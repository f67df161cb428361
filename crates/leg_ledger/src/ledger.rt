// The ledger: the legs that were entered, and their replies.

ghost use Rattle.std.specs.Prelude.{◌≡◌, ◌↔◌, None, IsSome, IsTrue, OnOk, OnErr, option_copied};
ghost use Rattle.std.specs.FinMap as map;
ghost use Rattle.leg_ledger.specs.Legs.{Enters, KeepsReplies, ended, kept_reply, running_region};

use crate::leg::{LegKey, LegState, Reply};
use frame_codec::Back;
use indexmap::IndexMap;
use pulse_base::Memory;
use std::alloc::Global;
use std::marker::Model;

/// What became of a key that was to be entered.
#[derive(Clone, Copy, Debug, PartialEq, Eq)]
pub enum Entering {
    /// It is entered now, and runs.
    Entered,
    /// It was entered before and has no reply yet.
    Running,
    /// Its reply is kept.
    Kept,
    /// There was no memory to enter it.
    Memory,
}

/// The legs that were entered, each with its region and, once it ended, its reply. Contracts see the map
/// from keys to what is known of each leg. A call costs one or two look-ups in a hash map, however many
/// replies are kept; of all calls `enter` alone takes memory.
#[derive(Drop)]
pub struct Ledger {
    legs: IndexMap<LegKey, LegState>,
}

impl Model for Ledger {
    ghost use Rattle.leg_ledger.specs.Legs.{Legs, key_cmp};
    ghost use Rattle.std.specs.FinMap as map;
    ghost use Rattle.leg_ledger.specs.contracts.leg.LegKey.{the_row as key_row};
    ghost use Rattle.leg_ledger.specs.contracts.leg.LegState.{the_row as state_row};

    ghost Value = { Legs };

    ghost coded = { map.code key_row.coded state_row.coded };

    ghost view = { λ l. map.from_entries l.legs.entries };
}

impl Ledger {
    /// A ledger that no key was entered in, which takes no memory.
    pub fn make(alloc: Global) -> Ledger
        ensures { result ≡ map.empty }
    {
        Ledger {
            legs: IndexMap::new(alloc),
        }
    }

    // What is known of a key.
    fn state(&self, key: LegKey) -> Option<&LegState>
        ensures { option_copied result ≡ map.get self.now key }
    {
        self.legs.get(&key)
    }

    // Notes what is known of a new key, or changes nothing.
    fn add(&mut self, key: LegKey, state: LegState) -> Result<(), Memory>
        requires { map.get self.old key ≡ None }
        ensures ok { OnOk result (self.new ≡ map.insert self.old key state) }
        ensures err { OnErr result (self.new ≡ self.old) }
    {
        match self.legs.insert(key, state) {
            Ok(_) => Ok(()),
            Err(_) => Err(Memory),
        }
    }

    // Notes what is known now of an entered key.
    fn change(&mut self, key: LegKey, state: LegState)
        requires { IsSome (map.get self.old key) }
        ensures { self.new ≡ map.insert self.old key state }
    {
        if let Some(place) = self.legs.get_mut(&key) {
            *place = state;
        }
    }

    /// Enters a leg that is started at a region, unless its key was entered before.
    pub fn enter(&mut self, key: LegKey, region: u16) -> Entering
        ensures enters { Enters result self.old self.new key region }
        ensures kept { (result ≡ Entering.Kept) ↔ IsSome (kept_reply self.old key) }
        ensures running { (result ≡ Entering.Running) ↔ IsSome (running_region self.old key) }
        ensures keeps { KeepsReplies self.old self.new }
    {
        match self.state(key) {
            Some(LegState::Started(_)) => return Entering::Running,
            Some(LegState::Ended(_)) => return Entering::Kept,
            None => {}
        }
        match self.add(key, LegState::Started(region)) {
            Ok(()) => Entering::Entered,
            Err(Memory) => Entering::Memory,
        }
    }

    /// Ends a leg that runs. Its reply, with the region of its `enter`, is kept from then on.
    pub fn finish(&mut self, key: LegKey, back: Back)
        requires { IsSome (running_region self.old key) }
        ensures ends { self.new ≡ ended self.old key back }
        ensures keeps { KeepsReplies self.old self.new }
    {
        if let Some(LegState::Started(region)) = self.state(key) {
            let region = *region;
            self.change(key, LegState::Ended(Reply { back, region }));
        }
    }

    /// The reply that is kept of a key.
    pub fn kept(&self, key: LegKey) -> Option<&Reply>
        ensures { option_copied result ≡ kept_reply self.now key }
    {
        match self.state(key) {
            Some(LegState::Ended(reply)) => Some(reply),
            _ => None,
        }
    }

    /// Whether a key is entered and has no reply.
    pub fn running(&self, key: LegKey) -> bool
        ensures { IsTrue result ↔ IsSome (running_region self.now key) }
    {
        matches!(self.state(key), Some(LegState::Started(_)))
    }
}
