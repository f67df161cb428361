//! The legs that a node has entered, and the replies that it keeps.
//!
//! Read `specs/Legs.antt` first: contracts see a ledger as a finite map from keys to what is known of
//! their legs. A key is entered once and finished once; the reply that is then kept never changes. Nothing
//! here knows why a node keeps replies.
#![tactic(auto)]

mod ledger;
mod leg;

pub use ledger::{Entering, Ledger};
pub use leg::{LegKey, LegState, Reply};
━━━━━━━━━━━━━━━━━━━━━━━━━━━━━━
EXERCISE OBJECTIVE:
Only the lines from the start of the listing through the line with "see the map" should be repeated, each exactly as it stands.

WRITTEN RESPONSE:
repository f67df161cb428361
filename crates/leg_ledger/src/ledger.rt
// The ledger: the legs that were entered, and their replies.

ghost use Rattle.std.specs.Prelude.{◌≡◌, ◌↔◌, None, IsSome, IsTrue, OnOk, OnErr, option_copied};
ghost use Rattle.std.specs.FinMap as map;
ghost use Rattle.leg_ledger.specs.Legs.{Enters, KeepsReplies, ended, kept_reply, running_region};

use crate::leg::{LegKey, LegState, Reply};
use frame_codec::Back;
use indexmap::IndexMap;
use pulse_base::Memory;
use std::alloc::Global;
use std::marker::Model;

/// What became of a key that was to be entered.
#[derive(Clone, Copy, Debug, PartialEq, Eq)]
pub enum Entering {
    /// It is entered now, and runs.
    Entered,
    /// It was entered before and has no reply yet.
    Running,
    /// Its reply is kept.
    Kept,
    /// There was no memory to enter it.
    Memory,
}

/// The legs that were entered, each with its region and, once it ended, its reply. Contracts see the map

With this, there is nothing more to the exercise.